I dislike when people use the term “power” to describe making code slightly shorter to type. Operator overloading is not in any meaningful sense more powerful than a language which lacks it.

You say that because you lack experience in writing programs for scientific-technical computing, where an abundance of complicated mathematical formulae are necessary.

Most programmers have seen only programs that do more data movement and comparison than actual computation, but nonetheless there are programs with abundant computations, the kind of programs that were originally written in Fortran, but nowadays they may be ported to other languages, or alternatives for them may be now written in more modern languages.

In such programs, overloaded operators do not make programs "slightly shorter to type", but they reduce the amount of text at least an order of magnitude or even much more.

The main advantage is not that you type less, but that you can read the source of some function in one page, so you can see it in its entirety, instead of having the source spread on many pages, forcing you to wander through all those pages continuously, when you try to understand what it does and whether it does it correctly.

I have written such programs, for instance which were full of long formulae where most variables were complex vectors or complex matrices (for computing some radiated electromagnetic fields with the method of boundary elements). Without the operator overloading of C++, reading them would have been extremely tedious and maintaining them would have been very error prone.

For myself, any programming language that lacks operator overloading, e.g. Java, is disqualified, because it definitely is not "powerful" enough.

Operator overloading also increases the safety of a programming language, because you can define distinct data types for each kind of physical quantity, allowing the compiler to detect and reject the invalid operations. Without operator overloading that would inflate too much the size of the source text.
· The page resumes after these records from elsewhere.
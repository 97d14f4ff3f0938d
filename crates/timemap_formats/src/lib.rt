//! TimeMaps in the forms that other aggregators write beside link-format: JSON and CDXJ.
//!
//! `read_listing` reads what a TimeMap, the index of its pages or a page in link-format lists, and `write_listing`
//! writes it in another form: the same mementos in the same order.
#![tactic(auto)]

mod addresses;
mod cdxj;
mod dates;
mod forms;
mod json_form;
mod laws;
mod listing;
mod reading;

pub use forms::{Form, Forms, write_listing};
pub use laws::{datetimes_are_told, json_is_read, timemaps_are_listed};
pub use listing::{Ends, Head, Listing, PageLink, Row};
pub use reading::read_listing;
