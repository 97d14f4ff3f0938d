//! Laws of what a reader finds in the texts.
ghost use Rattle.std.specs.Prelude.{◌≡◌, ℕ, List, Some, map, true, false, All};
ghost use Rattle.json.specs.Json.{document};
ghost use Rattle.memento_time.specs.declared.mementos.Memento.{Memento};
ghost use Rattle.memento_time.specs.Mementos.{IsMemento};
ghost use Rattle.memento_time.specs.Second.{IsSecond};
ghost use Rattle.memento_time.specs.Text.{IsClean, IsOriginal};
ghost use Rattle.timemap_writer.specs.TimeMap.{timemap_links};
ghost use Rattle.timemap_formats.specs.declared.listing.Listing.{Listing};
ghost use Rattle.timemap_formats.specs.Dates.{rfc3339, digits};
ghost use Rattle.timemap_formats.specs.Json.{is_index, json_of, json_text};
ghost use Rattle.timemap_formats.specs.Listing.{listing_of};
ghost use Rattle.timemap_formats.specs.Readback.{mementos_of, mementos_in, as_found, memento_rows, timemap_listing};

/// A listing in JSON is a text of RFC 8259 that has the stated value. Under `mementos` and `list` a reader finds the
/// datetimes and the addresses of the listing's mementos: all of them, in their order, and no others.
pub fn json_is_read()
    ensures value { (l : Listing) → document (json_text l) ≡ Some (json_of l) }
    ensures mementos { (l : Listing) → is_index l.rows ≡ false
        → mementos_in (json_text l) ≡ Some (map as_found (mementos_of l.rows)) }
{}

/// No two seconds have the same text.
pub fn datetimes_are_told()
    ensures rfc3339 { (s t : ℕ) → IsSecond s → IsSecond t → rfc3339 s ≡ rfc3339 t → s ≡ t }
    ensures digits { (s t : ℕ) → IsSecond s → IsSecond t → digits s ≡ digits t → s ≡ t }
{}

/// The links of a TimeMap list its mementos, in order, and so does what is written of them in another form.
pub fn timemaps_are_listed()
    ensures listing { (base original : List ℕ) (mementos : List Memento)
        → IsClean base → IsOriginal original → All IsMemento mementos
        → listing_of (timemap_links base original mementos) ≡ Some (timemap_listing base original mementos) }
    ensures mementos { (mementos : List Memento) → mementos_of (memento_rows true mementos) ≡ mementos }
{}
> where an abundance of complicated mathematical formulae are necessary

I think what you mean to say is, a lot of linear algebra is involved. So multi-dimensional structures like matrices and vectors are expected to have linear arithmetic operators defined over them, because they're used quite a lot.

You don't need operator overloading for that. Your language should be providing them as primitive structures and extending operators over them. Think like how C has a polymorphic addition, where '+' doesn't discriminate between integers, pointers and floats.

There are a lot of problems with user-facing operator overloading, but I think Haskell is actually a really great example of how to do it sanely. At the point in which you have type-families, you can properly restrict the semantic domain of a polymorphic function but still keep it an open set. The addition operator being restricted over types belonging to the Num type-family as an example trivially allows you to use '+' for matrix addition.

https://hackage-content.haskell.org/package/matrix-0.3.6.4/d...

Now you've avoided the worst part of user-facing operator overloading (juniors creating incoherent DSLs by abusing the mechanism) while still providing the mechanism where it's useful.

I agree with you on overloading - the real word here should be "expressivity", which is defined by language constructs that could NOT be syntactic sugared into a local context. Those may occasionally be useful, though not by itself. E.g. gotos are more expressive by the above definition, yet it was largely deemed to not be a useful "power".

Certain kinds of GOTOs are indeed proven mathematically to be necessary to write certain programs, in the sense that eliminating the GOTOs can be done only by making the program more inefficient, i.e. by increasing the number of executed instructions and the amount of memory that is used.

Because of this, any decent programming language must include GOTOs, but in many modern languages they are not named GOTOs, because of the bad reputation of the word.

For instance the language Scheme does not have GOTOs, but it has mandatory tail call optimization, which means that a "tail call" is just an alternative name for "GOTO". For example, this allows the writing of a state machine in Scheme, exactly like it would be written in a language with GOTO, but using tail calls instead of GOTOs.

Other languages have labelled loops and they allow exit a.k.a. break with a label and next a.k.a. cycle a.k.a. continue with a label. Such instructions with labelled targets are just GOTOs with a bad placement of the label, which makes reading the source more tedious than with a classic GOTO.

For providing the benefits of GOTO, a restricted variant is sufficient, i.e. a GOTO that may jump only forwards and which cannot jump inside nested blocks.

With operator overloading you can provide same numeric operation interface to library types such as big integers. Sure, you can also define methods and make sure your primitive types also define those methods but now you have some confusions (like equals vs == in Java).